Instructions to follow —
Say how many lines below hold the word "have"; give the number by itself.

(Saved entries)
▬▬▬▬▬▬

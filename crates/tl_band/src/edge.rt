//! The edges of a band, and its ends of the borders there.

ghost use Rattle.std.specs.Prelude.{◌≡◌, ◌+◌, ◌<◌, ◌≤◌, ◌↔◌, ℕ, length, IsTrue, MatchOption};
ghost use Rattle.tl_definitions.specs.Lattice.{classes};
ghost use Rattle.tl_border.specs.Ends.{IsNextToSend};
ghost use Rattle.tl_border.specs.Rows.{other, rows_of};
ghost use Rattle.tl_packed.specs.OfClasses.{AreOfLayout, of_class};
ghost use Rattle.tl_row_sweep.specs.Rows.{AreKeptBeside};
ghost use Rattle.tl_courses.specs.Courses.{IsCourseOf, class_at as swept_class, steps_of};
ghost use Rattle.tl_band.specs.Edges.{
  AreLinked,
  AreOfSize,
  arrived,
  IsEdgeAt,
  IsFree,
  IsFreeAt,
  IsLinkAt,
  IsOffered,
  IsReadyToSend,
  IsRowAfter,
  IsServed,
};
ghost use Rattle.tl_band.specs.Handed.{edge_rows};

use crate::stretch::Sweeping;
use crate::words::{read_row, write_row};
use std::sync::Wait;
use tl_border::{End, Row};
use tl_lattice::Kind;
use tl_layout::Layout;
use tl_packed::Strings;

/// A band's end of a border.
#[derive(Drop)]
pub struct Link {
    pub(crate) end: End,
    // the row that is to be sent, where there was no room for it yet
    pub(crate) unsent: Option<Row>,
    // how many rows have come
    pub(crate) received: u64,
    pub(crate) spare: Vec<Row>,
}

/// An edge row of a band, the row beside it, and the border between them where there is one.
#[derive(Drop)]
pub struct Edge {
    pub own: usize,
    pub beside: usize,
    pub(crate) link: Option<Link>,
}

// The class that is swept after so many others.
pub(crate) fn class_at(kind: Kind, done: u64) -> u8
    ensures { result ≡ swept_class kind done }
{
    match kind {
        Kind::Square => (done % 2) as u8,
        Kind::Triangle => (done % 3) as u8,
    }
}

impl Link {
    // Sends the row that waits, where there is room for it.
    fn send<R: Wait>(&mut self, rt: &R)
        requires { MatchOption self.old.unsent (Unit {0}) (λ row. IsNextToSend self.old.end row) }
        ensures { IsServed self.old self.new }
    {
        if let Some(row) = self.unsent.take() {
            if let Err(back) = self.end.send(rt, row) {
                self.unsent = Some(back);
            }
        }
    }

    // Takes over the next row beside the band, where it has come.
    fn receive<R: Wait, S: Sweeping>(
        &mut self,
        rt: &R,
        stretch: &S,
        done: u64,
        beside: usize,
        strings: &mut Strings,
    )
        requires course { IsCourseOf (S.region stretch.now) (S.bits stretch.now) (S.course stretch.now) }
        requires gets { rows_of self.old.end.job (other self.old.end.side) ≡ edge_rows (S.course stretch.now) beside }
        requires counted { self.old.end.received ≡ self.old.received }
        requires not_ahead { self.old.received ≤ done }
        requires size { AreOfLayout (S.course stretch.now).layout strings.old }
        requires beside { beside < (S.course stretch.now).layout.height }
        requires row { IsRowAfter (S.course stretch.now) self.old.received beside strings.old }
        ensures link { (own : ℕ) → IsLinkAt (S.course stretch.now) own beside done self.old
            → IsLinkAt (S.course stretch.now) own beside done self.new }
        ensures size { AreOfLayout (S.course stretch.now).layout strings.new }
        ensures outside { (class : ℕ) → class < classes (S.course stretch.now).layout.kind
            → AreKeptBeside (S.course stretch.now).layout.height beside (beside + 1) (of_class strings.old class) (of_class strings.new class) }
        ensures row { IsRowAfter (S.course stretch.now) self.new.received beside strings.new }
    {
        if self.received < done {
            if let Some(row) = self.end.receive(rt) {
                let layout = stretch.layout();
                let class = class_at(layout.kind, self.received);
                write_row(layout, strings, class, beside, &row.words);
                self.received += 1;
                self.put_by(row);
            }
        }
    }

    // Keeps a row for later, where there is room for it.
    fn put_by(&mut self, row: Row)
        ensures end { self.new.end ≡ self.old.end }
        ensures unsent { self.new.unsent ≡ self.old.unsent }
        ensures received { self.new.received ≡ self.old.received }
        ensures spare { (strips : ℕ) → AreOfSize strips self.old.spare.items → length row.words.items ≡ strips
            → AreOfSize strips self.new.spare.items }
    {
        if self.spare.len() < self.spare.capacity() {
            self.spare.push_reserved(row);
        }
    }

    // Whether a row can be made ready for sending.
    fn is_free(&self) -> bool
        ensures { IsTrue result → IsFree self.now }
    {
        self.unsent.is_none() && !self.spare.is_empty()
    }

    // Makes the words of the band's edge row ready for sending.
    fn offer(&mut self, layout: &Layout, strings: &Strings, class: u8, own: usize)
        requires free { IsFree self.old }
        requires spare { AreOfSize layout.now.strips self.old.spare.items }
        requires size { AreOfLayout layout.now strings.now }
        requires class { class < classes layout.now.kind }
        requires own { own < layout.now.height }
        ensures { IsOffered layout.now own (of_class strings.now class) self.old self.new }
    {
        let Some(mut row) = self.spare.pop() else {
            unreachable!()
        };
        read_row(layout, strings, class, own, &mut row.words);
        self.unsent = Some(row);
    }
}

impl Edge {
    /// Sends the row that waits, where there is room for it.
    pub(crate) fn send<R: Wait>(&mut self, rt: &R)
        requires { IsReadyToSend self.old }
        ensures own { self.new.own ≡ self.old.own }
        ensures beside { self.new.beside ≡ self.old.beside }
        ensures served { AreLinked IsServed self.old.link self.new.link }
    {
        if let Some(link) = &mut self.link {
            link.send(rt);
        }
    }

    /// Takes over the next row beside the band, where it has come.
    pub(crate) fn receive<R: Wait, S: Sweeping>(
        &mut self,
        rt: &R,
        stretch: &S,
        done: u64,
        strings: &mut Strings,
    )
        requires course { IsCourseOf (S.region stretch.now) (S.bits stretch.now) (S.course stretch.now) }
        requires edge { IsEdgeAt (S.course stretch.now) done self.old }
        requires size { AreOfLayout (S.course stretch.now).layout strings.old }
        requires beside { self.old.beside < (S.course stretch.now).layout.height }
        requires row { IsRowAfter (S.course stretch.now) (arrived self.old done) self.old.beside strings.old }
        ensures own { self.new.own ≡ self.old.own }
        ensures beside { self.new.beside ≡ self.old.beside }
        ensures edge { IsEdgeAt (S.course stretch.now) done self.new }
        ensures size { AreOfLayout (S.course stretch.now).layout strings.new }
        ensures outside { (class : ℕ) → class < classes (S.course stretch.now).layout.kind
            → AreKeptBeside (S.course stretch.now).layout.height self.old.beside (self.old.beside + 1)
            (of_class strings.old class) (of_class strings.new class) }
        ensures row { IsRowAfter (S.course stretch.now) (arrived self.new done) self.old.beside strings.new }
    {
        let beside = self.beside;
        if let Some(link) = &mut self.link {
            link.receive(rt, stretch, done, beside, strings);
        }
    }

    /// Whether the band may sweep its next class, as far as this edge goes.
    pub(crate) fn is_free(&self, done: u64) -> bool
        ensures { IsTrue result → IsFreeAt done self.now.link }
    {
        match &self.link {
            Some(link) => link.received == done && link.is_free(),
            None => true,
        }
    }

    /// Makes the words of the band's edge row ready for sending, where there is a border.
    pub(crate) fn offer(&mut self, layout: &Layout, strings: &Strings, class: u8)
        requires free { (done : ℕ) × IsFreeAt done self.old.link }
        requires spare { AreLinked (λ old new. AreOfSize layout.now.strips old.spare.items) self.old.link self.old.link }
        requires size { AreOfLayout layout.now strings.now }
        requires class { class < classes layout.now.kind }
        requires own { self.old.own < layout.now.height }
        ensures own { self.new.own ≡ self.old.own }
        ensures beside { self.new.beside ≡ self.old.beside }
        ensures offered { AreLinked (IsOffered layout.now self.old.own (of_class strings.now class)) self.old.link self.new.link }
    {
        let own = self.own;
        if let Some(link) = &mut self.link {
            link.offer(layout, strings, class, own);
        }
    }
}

▬▬▬▬▬▬

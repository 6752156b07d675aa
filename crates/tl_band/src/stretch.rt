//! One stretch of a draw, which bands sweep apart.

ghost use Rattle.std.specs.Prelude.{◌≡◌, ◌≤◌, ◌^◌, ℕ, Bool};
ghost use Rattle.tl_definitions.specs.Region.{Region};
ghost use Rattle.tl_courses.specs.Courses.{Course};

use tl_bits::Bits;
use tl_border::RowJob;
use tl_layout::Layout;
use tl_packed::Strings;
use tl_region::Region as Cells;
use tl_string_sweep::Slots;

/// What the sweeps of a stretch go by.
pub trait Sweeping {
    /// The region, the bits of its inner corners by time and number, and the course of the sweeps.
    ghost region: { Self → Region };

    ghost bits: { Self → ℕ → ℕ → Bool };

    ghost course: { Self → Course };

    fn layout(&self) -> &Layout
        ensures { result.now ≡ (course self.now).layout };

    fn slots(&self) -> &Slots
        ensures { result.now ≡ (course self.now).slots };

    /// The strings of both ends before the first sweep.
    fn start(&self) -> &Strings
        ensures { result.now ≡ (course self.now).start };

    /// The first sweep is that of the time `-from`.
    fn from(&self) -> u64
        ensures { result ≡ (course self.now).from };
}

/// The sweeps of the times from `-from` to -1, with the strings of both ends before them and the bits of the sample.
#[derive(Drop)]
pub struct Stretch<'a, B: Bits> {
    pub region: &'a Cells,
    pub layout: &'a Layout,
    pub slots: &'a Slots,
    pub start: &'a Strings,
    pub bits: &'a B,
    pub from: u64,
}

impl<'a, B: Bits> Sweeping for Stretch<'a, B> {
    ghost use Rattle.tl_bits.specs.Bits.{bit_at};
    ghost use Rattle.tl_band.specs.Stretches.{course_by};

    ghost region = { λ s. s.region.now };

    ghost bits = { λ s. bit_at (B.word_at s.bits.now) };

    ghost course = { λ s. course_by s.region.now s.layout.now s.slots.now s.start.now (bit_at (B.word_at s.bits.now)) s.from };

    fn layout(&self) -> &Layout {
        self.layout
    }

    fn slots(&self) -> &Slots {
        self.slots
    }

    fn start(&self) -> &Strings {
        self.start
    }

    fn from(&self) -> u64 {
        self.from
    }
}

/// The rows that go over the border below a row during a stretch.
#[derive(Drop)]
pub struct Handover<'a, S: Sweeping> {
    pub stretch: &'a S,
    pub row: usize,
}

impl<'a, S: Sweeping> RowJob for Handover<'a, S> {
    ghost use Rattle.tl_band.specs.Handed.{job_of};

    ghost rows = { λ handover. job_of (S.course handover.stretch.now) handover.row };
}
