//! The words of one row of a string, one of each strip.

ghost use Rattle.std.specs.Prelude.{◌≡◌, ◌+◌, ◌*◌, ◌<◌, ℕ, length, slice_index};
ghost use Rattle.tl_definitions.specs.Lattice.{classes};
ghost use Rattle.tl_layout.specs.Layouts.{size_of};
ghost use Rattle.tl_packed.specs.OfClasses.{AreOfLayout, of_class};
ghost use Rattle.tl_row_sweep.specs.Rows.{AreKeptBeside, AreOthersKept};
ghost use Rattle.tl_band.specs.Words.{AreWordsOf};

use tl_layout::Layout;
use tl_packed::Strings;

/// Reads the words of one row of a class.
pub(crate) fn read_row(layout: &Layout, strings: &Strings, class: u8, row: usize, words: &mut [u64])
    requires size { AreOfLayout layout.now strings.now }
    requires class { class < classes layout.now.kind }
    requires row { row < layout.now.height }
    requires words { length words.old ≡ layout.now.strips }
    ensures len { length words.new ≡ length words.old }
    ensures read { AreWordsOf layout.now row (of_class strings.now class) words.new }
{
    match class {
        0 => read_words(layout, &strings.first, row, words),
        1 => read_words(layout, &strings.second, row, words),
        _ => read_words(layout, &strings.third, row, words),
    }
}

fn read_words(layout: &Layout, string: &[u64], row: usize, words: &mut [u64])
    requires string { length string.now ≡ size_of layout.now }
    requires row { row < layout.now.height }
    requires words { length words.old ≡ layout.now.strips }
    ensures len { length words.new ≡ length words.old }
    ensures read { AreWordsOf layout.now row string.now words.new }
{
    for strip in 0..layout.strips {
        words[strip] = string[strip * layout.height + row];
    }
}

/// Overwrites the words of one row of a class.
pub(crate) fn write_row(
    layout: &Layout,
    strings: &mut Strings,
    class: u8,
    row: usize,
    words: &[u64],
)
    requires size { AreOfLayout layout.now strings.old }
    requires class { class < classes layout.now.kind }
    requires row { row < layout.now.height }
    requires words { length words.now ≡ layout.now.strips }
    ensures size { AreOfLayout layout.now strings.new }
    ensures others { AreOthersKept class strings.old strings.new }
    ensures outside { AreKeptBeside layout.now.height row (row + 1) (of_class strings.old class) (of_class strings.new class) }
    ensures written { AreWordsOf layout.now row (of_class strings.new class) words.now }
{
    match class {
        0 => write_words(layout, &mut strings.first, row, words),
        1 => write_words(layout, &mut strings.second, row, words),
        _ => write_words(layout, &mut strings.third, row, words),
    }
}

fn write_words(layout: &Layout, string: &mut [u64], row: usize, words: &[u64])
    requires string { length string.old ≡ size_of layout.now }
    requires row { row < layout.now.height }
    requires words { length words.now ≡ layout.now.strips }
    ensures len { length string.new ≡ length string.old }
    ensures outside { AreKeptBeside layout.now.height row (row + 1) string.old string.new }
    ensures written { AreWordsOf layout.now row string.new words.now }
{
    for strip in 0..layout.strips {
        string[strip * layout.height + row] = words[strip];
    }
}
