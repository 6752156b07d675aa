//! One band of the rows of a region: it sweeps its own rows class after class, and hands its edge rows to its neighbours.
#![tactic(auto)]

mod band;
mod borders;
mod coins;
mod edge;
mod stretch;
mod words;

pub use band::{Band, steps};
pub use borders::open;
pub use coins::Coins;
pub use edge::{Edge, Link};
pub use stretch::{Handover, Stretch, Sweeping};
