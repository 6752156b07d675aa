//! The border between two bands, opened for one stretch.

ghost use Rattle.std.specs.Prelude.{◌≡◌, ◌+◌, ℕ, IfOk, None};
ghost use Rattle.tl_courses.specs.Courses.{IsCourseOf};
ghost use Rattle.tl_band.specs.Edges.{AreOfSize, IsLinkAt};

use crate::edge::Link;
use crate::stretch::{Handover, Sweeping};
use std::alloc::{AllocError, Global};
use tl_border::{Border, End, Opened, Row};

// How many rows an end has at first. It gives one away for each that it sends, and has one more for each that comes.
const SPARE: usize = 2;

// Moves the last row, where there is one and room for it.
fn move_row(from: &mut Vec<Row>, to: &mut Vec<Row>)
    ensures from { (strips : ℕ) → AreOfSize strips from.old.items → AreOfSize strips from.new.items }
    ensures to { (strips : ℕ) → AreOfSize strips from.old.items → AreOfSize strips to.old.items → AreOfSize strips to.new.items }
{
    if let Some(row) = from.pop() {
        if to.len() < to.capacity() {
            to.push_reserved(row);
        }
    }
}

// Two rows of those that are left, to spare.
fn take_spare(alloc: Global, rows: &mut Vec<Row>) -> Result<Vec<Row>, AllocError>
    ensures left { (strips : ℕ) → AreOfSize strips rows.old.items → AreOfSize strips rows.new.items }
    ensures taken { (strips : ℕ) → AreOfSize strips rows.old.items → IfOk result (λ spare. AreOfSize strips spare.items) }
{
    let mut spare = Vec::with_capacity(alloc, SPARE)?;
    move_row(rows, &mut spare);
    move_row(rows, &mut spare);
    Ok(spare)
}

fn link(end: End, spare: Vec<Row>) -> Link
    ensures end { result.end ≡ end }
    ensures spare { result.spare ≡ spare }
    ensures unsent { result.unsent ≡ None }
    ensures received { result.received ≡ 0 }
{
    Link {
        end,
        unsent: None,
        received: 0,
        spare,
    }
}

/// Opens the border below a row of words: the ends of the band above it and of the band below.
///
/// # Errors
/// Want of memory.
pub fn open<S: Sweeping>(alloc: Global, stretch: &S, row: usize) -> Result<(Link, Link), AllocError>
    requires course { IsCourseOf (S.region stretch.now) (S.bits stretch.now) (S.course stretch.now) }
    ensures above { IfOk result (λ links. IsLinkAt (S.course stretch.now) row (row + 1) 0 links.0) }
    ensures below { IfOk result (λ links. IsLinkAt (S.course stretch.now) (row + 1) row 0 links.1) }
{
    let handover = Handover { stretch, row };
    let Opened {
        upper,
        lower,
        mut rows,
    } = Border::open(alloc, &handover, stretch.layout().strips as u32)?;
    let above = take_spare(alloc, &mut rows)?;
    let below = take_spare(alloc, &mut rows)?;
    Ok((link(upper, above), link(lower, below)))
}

▬▬▬▬▬▬

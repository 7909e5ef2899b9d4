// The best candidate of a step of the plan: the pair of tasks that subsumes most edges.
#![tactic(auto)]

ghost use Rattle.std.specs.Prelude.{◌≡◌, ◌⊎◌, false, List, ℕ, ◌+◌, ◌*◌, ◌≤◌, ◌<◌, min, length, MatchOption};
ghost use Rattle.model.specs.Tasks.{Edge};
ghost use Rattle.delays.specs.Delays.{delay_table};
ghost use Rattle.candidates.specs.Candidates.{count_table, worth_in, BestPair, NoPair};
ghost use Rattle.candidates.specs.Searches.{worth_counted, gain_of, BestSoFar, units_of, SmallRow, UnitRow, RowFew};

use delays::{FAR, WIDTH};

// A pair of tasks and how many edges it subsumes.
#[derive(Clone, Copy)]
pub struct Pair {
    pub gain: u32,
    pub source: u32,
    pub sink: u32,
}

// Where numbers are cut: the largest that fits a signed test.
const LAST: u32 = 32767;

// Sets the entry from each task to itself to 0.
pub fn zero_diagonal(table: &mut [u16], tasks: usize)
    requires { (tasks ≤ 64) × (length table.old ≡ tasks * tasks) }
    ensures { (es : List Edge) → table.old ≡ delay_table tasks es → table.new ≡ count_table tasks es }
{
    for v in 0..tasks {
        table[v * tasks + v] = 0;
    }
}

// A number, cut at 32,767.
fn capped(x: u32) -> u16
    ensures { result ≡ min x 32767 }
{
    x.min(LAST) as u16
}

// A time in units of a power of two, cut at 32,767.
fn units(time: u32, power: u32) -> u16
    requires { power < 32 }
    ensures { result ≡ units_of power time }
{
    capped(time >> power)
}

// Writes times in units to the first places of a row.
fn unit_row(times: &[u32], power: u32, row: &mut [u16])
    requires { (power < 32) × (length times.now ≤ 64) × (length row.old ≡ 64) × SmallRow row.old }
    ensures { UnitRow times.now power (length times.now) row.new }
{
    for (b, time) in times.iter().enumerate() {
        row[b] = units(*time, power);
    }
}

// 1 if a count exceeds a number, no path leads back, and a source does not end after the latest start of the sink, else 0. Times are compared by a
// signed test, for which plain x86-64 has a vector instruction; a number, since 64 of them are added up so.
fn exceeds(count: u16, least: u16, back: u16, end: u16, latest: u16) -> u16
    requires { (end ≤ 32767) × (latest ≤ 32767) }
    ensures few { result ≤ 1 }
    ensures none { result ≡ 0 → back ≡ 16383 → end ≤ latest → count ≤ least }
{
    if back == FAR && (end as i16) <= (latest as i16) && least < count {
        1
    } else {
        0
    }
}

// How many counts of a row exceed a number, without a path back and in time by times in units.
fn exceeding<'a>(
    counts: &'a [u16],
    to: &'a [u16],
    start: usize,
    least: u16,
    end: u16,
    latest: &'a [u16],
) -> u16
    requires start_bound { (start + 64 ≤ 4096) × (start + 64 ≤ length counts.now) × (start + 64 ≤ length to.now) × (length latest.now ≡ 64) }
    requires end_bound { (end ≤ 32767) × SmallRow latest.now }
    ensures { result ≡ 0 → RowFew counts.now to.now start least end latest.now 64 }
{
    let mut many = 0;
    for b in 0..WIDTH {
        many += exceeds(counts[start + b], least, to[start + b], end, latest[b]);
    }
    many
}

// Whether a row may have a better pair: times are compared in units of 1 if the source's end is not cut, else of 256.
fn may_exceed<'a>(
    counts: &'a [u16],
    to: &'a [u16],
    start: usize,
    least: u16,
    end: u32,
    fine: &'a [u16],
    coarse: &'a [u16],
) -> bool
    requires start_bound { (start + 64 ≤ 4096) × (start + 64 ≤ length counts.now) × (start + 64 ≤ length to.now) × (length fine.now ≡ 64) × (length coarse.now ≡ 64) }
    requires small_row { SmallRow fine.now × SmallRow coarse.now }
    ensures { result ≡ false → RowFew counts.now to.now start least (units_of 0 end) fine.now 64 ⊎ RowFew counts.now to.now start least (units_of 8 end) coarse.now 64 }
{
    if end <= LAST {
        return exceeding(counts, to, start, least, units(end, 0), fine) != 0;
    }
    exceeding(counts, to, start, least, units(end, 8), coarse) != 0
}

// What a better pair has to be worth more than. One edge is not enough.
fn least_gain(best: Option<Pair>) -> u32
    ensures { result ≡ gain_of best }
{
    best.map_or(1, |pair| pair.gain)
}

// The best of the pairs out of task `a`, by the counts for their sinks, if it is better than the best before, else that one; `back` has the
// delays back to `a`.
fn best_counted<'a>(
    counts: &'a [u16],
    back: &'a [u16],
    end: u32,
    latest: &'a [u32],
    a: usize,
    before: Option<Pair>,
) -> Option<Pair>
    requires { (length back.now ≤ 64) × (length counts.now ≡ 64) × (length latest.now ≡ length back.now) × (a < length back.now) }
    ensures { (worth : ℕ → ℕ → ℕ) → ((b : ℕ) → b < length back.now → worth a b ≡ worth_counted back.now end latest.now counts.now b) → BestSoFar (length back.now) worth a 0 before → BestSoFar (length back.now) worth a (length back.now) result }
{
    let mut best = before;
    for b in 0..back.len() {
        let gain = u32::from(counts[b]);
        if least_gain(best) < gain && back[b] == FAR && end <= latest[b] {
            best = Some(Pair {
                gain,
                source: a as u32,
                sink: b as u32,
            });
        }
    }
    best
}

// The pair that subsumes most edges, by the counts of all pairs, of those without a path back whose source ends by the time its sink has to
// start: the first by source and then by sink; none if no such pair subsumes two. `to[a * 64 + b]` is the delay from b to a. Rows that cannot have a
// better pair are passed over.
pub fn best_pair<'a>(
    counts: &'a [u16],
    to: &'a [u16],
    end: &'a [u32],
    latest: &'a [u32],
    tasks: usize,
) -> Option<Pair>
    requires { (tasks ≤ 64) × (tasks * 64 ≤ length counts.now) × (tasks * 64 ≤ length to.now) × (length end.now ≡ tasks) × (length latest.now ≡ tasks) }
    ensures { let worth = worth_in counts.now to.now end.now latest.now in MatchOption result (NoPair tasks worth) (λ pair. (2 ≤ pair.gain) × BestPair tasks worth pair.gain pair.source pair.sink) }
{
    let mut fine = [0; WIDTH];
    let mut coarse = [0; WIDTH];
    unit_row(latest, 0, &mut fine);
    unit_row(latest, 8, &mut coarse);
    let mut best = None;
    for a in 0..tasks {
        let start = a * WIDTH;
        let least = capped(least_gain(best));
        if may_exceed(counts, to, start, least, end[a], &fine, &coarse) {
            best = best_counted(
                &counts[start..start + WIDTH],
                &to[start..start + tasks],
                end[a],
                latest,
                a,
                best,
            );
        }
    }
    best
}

▬▬▬▬▬▬

Problem solution —
3